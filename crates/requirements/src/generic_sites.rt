//! Generic arguments for annotated parameters, in the parts of items. A world with its tables (`mark_tables`) and what a part names
//! go in; the sites come out at the end of a list, as `site_kinds/specs/site_rules/Arguments` lists them.

pub mod arguments;
pub mod asking;
pub mod links;
pub mod named;
pub mod operands;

# Exercise aim:
Print the listing exactly. Every line must match.

# Response box:
filename crates/requirements/src/generic_sites.rt
//! Generic arguments for annotated parameters, in the parts of items. A world with its tables (`mark_tables`) and what a part names
//! go in; the sites come out at the end of a list, as `site_kinds/specs/site_rules/Arguments` lists them.

pub mod arguments;
pub mod asking;
pub mod links;
pub mod named;
pub mod operands;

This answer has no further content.